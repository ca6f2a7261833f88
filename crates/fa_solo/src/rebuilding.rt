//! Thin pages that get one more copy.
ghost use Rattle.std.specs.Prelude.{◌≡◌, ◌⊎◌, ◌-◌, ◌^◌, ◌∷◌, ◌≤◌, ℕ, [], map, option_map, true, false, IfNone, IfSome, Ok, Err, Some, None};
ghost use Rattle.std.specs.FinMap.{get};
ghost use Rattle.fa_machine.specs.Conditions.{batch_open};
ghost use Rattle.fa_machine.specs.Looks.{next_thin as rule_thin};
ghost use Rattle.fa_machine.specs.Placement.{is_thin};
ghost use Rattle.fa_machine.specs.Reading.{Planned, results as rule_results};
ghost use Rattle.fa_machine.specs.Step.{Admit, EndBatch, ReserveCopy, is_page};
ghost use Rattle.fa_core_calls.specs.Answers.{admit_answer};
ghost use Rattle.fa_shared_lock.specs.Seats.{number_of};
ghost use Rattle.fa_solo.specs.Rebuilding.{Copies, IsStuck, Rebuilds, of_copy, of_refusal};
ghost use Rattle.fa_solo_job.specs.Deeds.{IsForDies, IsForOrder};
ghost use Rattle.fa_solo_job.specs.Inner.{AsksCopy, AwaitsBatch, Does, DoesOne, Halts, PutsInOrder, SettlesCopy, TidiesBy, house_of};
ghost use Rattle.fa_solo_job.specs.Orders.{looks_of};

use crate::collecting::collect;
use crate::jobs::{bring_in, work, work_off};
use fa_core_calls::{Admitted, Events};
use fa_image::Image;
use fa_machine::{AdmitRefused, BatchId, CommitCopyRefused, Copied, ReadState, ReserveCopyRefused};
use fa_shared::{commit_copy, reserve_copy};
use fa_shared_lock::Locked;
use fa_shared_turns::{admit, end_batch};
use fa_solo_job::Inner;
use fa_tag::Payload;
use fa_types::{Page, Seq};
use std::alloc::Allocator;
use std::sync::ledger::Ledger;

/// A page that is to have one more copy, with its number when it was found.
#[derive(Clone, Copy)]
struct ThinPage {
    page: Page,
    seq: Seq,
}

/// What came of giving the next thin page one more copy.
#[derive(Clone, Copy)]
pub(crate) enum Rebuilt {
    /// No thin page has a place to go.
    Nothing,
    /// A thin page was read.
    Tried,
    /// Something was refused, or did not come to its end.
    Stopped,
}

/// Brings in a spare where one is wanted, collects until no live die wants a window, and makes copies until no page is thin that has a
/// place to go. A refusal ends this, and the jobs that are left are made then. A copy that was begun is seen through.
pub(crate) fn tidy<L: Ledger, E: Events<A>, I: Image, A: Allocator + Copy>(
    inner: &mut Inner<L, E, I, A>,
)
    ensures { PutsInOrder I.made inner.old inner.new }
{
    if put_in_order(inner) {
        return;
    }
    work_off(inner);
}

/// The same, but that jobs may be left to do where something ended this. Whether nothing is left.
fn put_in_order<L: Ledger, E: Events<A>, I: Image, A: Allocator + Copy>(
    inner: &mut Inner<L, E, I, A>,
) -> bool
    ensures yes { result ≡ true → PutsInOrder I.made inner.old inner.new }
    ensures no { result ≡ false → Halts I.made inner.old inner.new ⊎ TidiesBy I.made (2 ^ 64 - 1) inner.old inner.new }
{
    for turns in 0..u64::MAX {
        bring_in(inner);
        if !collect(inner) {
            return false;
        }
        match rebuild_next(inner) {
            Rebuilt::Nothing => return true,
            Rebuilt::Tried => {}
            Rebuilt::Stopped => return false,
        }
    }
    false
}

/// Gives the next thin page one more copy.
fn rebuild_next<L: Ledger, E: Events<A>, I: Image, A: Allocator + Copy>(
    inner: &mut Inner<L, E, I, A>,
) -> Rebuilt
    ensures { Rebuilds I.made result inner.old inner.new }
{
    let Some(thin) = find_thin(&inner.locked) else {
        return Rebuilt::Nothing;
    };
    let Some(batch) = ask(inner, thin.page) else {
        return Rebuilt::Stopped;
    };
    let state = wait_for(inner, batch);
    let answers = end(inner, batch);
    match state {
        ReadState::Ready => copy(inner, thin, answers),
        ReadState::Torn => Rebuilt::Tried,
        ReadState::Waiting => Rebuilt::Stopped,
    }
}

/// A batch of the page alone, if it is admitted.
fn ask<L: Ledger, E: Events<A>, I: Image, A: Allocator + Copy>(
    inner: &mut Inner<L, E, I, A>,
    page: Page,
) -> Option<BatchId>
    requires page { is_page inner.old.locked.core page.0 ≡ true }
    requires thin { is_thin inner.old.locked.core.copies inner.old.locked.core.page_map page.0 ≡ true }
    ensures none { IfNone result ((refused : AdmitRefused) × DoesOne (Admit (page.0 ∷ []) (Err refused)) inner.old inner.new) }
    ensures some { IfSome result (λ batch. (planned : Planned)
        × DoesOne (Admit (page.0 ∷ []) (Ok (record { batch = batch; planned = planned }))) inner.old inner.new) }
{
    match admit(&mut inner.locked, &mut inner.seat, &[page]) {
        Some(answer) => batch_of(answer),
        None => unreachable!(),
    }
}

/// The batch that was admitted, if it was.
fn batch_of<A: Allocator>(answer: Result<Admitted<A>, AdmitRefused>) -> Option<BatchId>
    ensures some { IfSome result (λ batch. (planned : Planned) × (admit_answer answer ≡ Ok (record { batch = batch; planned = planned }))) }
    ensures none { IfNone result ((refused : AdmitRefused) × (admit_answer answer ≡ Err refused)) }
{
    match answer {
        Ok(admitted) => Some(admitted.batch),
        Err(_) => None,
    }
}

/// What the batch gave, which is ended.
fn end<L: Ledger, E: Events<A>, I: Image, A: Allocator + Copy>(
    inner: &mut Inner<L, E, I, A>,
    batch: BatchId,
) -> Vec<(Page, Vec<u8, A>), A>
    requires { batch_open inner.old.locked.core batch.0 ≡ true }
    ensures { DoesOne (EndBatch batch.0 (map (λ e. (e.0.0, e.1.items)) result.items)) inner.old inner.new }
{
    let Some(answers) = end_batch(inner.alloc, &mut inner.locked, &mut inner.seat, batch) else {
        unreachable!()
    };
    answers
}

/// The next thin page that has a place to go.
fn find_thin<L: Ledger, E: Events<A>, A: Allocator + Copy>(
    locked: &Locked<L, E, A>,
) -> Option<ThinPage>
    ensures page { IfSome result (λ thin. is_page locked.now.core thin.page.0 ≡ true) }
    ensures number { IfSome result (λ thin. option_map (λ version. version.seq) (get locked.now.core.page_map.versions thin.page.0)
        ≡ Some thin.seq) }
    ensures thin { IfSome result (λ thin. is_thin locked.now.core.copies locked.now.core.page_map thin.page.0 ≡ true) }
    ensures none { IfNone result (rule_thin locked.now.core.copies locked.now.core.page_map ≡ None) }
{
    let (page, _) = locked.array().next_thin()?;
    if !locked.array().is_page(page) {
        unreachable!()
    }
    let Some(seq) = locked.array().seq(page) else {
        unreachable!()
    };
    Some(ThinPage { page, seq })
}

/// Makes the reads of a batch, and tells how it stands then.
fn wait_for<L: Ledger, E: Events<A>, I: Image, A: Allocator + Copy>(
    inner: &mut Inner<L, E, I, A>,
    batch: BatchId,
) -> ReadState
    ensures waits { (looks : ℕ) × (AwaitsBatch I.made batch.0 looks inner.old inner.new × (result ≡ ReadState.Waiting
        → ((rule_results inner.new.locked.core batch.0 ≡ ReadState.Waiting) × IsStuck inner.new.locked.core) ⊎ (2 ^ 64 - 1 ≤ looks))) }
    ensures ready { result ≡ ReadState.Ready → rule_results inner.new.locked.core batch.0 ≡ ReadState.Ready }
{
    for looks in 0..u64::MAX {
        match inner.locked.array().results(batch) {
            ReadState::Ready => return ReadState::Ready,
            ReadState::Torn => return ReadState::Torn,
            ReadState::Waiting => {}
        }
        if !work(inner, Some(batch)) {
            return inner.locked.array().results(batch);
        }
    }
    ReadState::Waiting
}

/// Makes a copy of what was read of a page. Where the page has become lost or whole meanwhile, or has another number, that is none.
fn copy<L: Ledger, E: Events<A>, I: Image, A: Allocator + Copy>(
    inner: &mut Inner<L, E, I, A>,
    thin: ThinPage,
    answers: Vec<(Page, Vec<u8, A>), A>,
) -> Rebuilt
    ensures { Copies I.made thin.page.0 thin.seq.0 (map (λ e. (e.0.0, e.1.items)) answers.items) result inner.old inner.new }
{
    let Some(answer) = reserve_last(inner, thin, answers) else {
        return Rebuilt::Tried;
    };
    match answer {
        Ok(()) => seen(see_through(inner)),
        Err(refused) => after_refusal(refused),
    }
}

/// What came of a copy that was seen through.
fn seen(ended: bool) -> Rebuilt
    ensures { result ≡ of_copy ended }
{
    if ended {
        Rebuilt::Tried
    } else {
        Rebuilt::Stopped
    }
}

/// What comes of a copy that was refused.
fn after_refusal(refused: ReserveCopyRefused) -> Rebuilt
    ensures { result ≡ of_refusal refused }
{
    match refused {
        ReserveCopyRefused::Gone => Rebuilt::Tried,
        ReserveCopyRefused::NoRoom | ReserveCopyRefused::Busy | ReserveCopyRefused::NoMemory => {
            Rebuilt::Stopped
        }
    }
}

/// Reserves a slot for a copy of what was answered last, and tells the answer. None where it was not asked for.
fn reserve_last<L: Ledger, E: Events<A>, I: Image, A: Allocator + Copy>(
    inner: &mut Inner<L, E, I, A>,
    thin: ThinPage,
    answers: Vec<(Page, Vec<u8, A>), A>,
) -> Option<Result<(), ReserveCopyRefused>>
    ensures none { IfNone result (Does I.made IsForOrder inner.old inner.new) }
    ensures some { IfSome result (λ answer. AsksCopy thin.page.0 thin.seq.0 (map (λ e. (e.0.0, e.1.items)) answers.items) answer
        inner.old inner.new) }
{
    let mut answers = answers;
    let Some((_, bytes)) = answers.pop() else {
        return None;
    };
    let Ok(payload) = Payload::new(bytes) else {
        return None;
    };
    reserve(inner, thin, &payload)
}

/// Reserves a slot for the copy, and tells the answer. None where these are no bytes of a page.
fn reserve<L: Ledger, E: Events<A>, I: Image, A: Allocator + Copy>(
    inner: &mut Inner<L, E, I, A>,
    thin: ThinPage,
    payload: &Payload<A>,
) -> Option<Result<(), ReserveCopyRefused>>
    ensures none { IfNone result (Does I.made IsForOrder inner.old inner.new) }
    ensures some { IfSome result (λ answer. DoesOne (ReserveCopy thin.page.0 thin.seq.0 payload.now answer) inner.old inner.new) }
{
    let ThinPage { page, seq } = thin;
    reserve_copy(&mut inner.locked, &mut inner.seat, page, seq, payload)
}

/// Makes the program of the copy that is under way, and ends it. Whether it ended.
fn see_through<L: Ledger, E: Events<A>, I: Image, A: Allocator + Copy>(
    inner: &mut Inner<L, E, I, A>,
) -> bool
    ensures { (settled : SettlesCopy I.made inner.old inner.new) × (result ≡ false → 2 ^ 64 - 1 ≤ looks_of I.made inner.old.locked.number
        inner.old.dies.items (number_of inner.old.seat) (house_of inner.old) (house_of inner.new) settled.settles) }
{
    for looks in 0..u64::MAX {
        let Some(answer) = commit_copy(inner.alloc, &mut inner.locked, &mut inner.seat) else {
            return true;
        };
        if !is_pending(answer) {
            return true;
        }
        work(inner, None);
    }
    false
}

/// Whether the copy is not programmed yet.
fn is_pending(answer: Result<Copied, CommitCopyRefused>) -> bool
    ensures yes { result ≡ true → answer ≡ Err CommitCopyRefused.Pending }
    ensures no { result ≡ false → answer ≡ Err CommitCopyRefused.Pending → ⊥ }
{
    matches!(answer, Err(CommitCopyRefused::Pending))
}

Work to complete → Above are the entries; copy out every line among them that contains the word "came".

Result of this exercise →
/// What came of giving the next thin page one more copy.
/// What came of a copy that was seen through.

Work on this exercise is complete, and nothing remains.